What is ordination?

There was a fantastic (and ongoing) discussion on an email list for aspiring UU ministers recently about issues of ordination. What does it mean to be ordained and to be a minister?

Now, as such things often go, this discussion didn’t start out about ordination per se. Rather, there was a question about the appropriateness of not-yet-ordained people wearing particular vestments (that’s religious clothing). Should a seminarian interning at a UU church but not yet an ordained minister wear a clergy stole or a robe?

In true UU fashion, I have several answers to this. Traditionally, stoles have been worn only by ordained clergy, and this cuts across a number of traditions. So no, only ordained clergy should wear stoles. But it depends, I suppose, on what stoles represent and what ordination means, which is quickly where the discussion went. Soon, the discussion jumped from what we should wear to what it means to be ordained.
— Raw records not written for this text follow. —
//! Expressions with effects anywhere in them (C99 6.5): statements before a value that has none.
//!
//! A value that is read before a later effect stands in a register, unless nothing changes it.

ghost use Rattle.std.specs.Prelude.{◌≡◌, ◌++◌, ◌∷◌, [], IfOk, OnOk, length, pos};
ghost use Rattle.c_syntax.specs.Ctypes.{plain_type};
ghost use Rattle.c_syntax.specs.Expressions.{plain_expr};
ghost use Rattle.mon_syntax.specs.declared.tree.MonType.TheVariants.{I32, Ptr};
ghost use Rattle.mon_syntax.specs.Registers.{next_register};
ghost use Rattle.mon_syntax.specs.Trees.{Constant, If, Register, plain_expr as plain_monitored, plain_stmts};
ghost use Rattle.c_effects.specs.Expressions.{before, loaded, one, set};
ghost use Rattle.c_effects.specs.Full.{kept_setup, kept_types, kept_value, takes};
ghost use Rattle.c_effects.specs.Letters.{ValueHasLetters};
ghost use Rattle.c_evaluation.specs.Evaluated.{comma_of, condition_result_by, location_by, origin_by};
ghost use Rattle.c_evaluation.specs.Evaluated.{operand_by, operand_setup_by, operand_takes, prepare_by, result_by, truth_code_by};
ghost use Rattle.c_effects.specs.Named.{unit_of, with_registers};
ghost use Rattle.c_effects.specs.Parts.{arrow_of, binary_of, both_of, cast_of, choice_of, dot_of, either_of, index_of, unary_of};

use crate::act::{act, called};
use crate::assignment::{assigned_location, assigned_origin, assigned_value, bumped};
use c_conversions::conversion::is_array;
use c_effects::conversion::value_type;
use c_effects::leaf::{literal, variable};
use c_effects::object::pointer_to;
use c_effects::operator::{
    condition, constant, converted, farther, indexed, loaded, operated, register, truth, unary,
};
use c_effects::part::{alone, choose, then};
use c_effects::settled::keeps;
use c_syntax::layout::{offset_in_target, offset_of_member};
use c_syntax::{BinOp, CType, Expr, ExprKind, UnOp};
use mon_syntax::{MonExpr, MonStmt, MonStmtKind, MonType, Registers};
use std::alloc::{AllocError, Global};
use track_scopes::size::size_constant;

/// Translates an expression to its value: its statements stand after those that are there, and its temporary registers
/// are further ones.
#[cycle(evaluation)]
#[tactic(auto, using(c_effects::proofs::Sequences::before_none))]
pub fn value(
    alloc: Global,
    e: &Expr,
    names: &mut Registers<'_>,
    to: &mut Vec<MonStmt>,
) -> Result<MonExpr, AllocError>
    ensures value { IfOk result (λ m. plain_monitored m ≡ result_by names.old (plain_expr e.now)) }
    ensures setup { OnOk result (plain_stmts to.new.items ≡ before (plain_stmts to.old.items) (prepare_by names.old (plain_expr e.now))) }
    ensures names { OnOk result (names.new ≡ with_registers (takes (unit_of names.old) (plain_expr e.now)) names.old) }
    ensures letters { OnOk result (ValueHasLetters (plain_expr e.now)) }
{
    match &*e.kind {
        ExprKind::Number(n, _) => constant(alloc, value_type(&e.ctype), *n),
        ExprKind::Letter(n) => constant(alloc, value_type(&e.ctype), i128::from(*n)),
        ExprKind::Text(n) => literal(alloc, names, *n),
        ExprKind::Variable(x) => variable(alloc, names, &e.ctype, *x),
        ExprKind::Unary(op, a) => prefixed(alloc, (&e.ctype, *op), a, names, to),
        ExprKind::Binary(op, a, b) => binary(alloc, *op, (a, b), names, to),
        ExprKind::Both(a, b) => and(alloc, a, b, names, to),
        ExprKind::Either(a, b) => or(alloc, a, b, names, to),
        ExprKind::Choice(a, b, c) => choice(alloc, a, (b, c), names, to),
        ExprKind::Assign(op, a, b) => assigned_value(alloc, *op, (a, &e.ctype), b, names, to),
        ExprKind::Bump(op, a) => bumped(alloc, *op, (a, &e.ctype), names, to),
        ExprKind::Call(f, args) => called(alloc, (*f, &e.ctype), args, names, to),
        ExprKind::Cast(t, a) => cast(alloc, t, a, names, to),
        ExprKind::SizeOfType(t) => size_constant(alloc, names.layouts(), t),
        ExprKind::SizeOfExpr(a) => size_constant(alloc, names.layouts(), &a.ctype),
        ExprKind::Index(a, b) => element_value(alloc, &e.ctype, (a, b), names, to),
        ExprKind::Dot(a, m) => member_value(alloc, (&e.ctype, *m), a, names, to),
        ExprKind::Arrow(a, m) => member_behind_value(alloc, (&e.ctype, *m), a, names, to),
        ExprKind::Comma(a, b) => second_value(alloc, a, b, names, to),
    }
}

/// Translates an expression to the pointer to the object that it designates (C99 6.3.2.1). In place of that of any
/// other expression stands the null pointer.
#[cycle(evaluation)]
#[tactic(auto, using(c_effects::proofs::Sequences::before_none))]
pub fn location(
    alloc: Global,
    e: &Expr,
    names: &mut Registers<'_>,
    to: &mut Vec<MonStmt>,
) -> Result<MonExpr, AllocError>
    ensures value { IfOk result (λ m. plain_monitored m ≡ location_by names.old (plain_expr e.now)) }
    ensures setup { OnOk result (plain_stmts to.new.items ≡ before (plain_stmts to.old.items) (prepare_by names.old (plain_expr e.now))) }
    ensures names { OnOk result (names.new ≡ with_registers (takes (unit_of names.old) (plain_expr e.now)) names.old) }
    ensures letters { OnOk result (ValueHasLetters (plain_expr e.now)) }
{
    match &*e.kind {
        ExprKind::Variable(x) => pointer_to(alloc, names, x.decl),
        ExprKind::Text(n) => literal(alloc, names, *n),
        ExprKind::Unary(op, a) => pointed_to(alloc, *op, a, names, to),
        ExprKind::Index(a, b) => element(alloc, (a, b), names, to),
        ExprKind::Dot(a, m) => member(alloc, a, *m, names, to),
        ExprKind::Arrow(a, m) => member_behind(alloc, a, *m, names, to),
        ExprKind::Assign(op, a, b) => assigned_location(alloc, *op, (a, &e.ctype), b, names, to),
        ExprKind::Comma(a, b) => second_location(alloc, a, b, names, to),
        ExprKind::Number(_, _)
        | ExprKind::Letter(_)
        | ExprKind::Binary(_, _, _)
        | ExprKind::Both(_, _)
        | ExprKind::Either(_, _)
        | ExprKind::Choice(_, _, _)
        | ExprKind::Bump(_, _)
        | ExprKind::Call(_, _)
        | ExprKind::Cast(_, _)
        | ExprKind::SizeOfType(_)
        | ExprKind::SizeOfExpr(_) => nowhere(alloc, e, names, to),
    }
}

/// The pointer to the object in which a member stands, or else to the object itself.
#[cycle(evaluation)]
pub fn origin(
    alloc: Global,
    e: &Expr,
    names: &mut Registers<'_>,
    to: &mut Vec<MonStmt>,
) -> Result<MonExpr, AllocError>
    ensures value { IfOk result (λ m. plain_monitored m ≡ origin_by names.old (plain_expr e.now)) }
    ensures setup { OnOk result (plain_stmts to.new.items ≡ before (plain_stmts to.old.items) (prepare_by names.old (plain_expr e.now))) }
    ensures names { OnOk result (names.new ≡ with_registers (takes (unit_of names.old) (plain_expr e.now)) names.old) }
    ensures letters { OnOk result (ValueHasLetters (plain_expr e.now)) }
{
    match &*e.kind {
        ExprKind::Dot(a, _) => origin(alloc, a, names, to),
        ExprKind::Arrow(a, _) => value(alloc, a, names, to),
        ExprKind::Assign(op, a, b) => assigned_origin(alloc, *op, (a, &e.ctype), b, names, to),
        ExprKind::Comma(a, b) => second_origin(alloc, a, b, names, to),
        ExprKind::Number(_, _)
        | ExprKind::Letter(_)
        | ExprKind::Text(_)
        | ExprKind::Variable(_)
        | ExprKind::Unary(_, _)
        | ExprKind::Binary(_, _, _)
        | ExprKind::Both(_, _)
        | ExprKind::Either(_, _)
        | ExprKind::Choice(_, _, _)
        | ExprKind::Bump(_, _)
        | ExprKind::Call(_, _)
        | ExprKind::Cast(_, _)
        | ExprKind::SizeOfType(_)
        | ExprKind::SizeOfExpr(_)
        | ExprKind::Index(_, _) => location(alloc, e, names, to),
    }
}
I think it all comes down to what you think about ordination—and what you think about ministry. These are issues about which Unitarian Universalists have many views, and no views at all for some. Is the minister just an officer of the church, assigned to make sure worship happens and supervise the staff, make sure the bills get paid and teach the occasional adult ed class—are they called only to that set of tasks a church assigns them? In short, are we non-profit executives assigned to a specific job for a given time? I pray not.

I believe that we have a calling, and it is to more than just a given job at a given church. It is a calling to be leaders unto the church universal, which stretches across all time and space. This is not to be entered into lightly, and it is something that stays with you forever, I believe. This is different from the ministry positions we may hold. Yes, ministers are called to a specific job, whether it be in a congregation or another setting. And in our polity, congregations are the body that ordains. But these aren’t always the same thing. Ordination is a recognition of a person’s call to ministry to the church universal, and our process for calling a minister, and then installing him or her is what brings one to a specific vision.

My calling is to service where and when the Spirit tells me, and when (if?) I am ordained one day, the community’s affirmation of that call will be meaningful, especially as I place a stole on for the first time. But my calling will not just to be to that particular church, but to all of our churches.

So, tell me, what is ordination to you?